# Lab assignment 1: Due Friday April 3, 18:00 EDT

For this assignment, you will need a set up to work with Python code, in particular, to develop Jupyter notebooks, as well as a GitHub account to share your notebooks.

We will solve the following boundary value problem by a finite element method. $$\begin{cases} -\Delta u = f&\textrm{in}\,\,\Omega,\\ u = g &\textrm{on}\,\,\partial\Omega. \end{cases}\qquad\qquad(*)$$

## Part 1: Implementation

Reference: J. Alberty, C. Carstensen & S.A. Funken. Remarks around 50 lines of Matlab.
• Taking inspiration from the reference, implement an affine finite element method for the Poisson equation in 2D.
• Your code should be able to handle at least one convex domain (such as a square or a triangle), and a domain with a reentrant corner (such as an L-shaped domain).
• It should also be able to handle inhomogeneous Dirichlet boundary conditions.
• Implement either the red refinement or a bisection procedure for mesh subdivision.

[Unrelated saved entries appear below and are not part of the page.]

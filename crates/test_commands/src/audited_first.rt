//! A server that audits its journals first.

use crate::outside::{Machine, emptied, overwrite, stands_in};
use crate::servings::{ALL, Ending, are_told, served};
use crate::streets::{A_START, AN_ANSWER, Street};
use std::fs;
use std::test::Fail;

// What serving over the journals of a folder comes to, which are audited first.
fn audited<R: Machine>(rt: &R, folder: &str, street: &Street) -> Result<Ending, Fail> {
    let words = &[
        "hovgyelit",
        "serve",
        "--audit",
        "--port",
        "0",
        "--workers",
        "1",
        "--journal",
        folder,
    ];
    served(rt, words, ALL, street)
}

// Whether that ends well with one page, and what stands on the links, in their order, begins and ends so.
fn passes<R: Machine>(
    rt: &R,
    folder: &str,
    street: &Street,
    links: &[(&str, &str)],
) -> Result<bool, Fail> {
    let ending = audited(rt, folder, street)?;
    let is_told = ending.text.as_str() == "pages 1 refused 0\n" && are_told(&ending, links);
    Ok(ending.status == 0 && is_told)
}

#[test]
fn what_passes_is_served(rt: HostRuntime) -> Result<(), Fail> {
    let folder = "served-behind-audits";
    emptied(&rt, folder)?;
    assert!(rt; passes(&rt, folder, &A_START, &[])?);
    assert!(rt; passes(&rt, folder, &AN_ANSWER, &[("", "\r\n\r\n<p>1</p>")])?);
    emptied(&rt, folder)
}

// The journal of one page, whose deadline, second 3,600, is made the past.
fn make_late<R: Machine>(rt: &R, path: &str) -> Result<(), Fail> {
    overwrite(rt, path, &[16, 14, 0, 0, 0, 0, 0, 0], &[0; 8])
}

// Serves the first page into an empty folder, and makes it late.
fn serve_late<R: Machine>(rt: &R, folder: &str, path: &str) -> Result<(), Fail> {
    emptied(rt, folder)?;
    audited(rt, folder, &A_START)?;
    make_late(rt, path)
}

// Whether a serving ended at the deadline of a page of the first shelf, before a link came in.
fn is_late(ending: &Ending) -> bool {
    let text = ending.text.as_str();
    ending.status == 12
        && text.starts_with("error 12 0 ")
        && text.ends_with(" deadline\n")
        && ending.links.is_empty()
}

// Whether serving over the journals of a folder ends so.
fn ends_late<R: Machine>(rt: &R, folder: &str) -> Result<bool, Fail> {
    let ending = audited(rt, folder, &AN_ANSWER)?;
    Ok(is_late(&ending))
}

// Whether it ends so and leaves this file as it is.
fn is_left_late<R: Machine>(rt: &R, folder: &str, path: &str) -> Result<bool, Fail> {
    let before = fs::read(rt, path)?;
    let is_told = ends_late(rt, folder)?;
    Ok(stands_in(rt, path, before.as_slice())? && is_told)
}

#[test]
fn what_does_not_pass_is_not_served(rt: HostRuntime) -> Result<(), Fail> {
    let folder = "refused-by-audits";
    serve_late(&rt, folder, "refused-by-audits/shelf-0")?;
    assert!(rt; is_left_late(&rt, folder, "refused-by-audits/shelf-0")?);
    emptied(&rt, folder)
}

## Part 2: Numerical experiments

1. Pick a convex domain $\Omega$ and a smooth function $u$, and compute $f=-\Delta u$ in $\Omega$. Then solve (*) with $f$ just computed and with $g=u|_{\partial\Omega}$, on several grids with decreasing meshsize.
2. Plot the $H^1$-error of the finite element solution against the meshsize $h$ on a logarithmic scale, and estimate the convergence rate $\alpha$ in $error\sim h^\alpha$ from the graph. Is it consistent with theory?
3. Repeat the preceding exercise for the $L^2$-error of the finite element solution. Explain the results.
4. Repeat the preceding 3 exercises for a smooth function $u$ on a domain with a reentrant corner. Explain the results.
5. In a domain with a reentrant corner, consider a solution of the form $u(r,\theta)=r^a\sin(a\theta)$, where the coordinate origin is at the reentrant corner, and the rays $\theta=0$ and $\theta=\pi/a$ correspond to the two sides of the corner. For example, for an L-shaped domain, we would have $a=\frac23$. This is the function from Assignment 1, Problem 5. Repeat exercises 1–3. If your code allows, experiment with a couple of different values of $a$, that is, with different values of the reentrant angle. Explain the results.

## How and what to submit

Please submit links to your Jupyter notebooks on GitHub by email, before Friday April 3, 18:00 EDT.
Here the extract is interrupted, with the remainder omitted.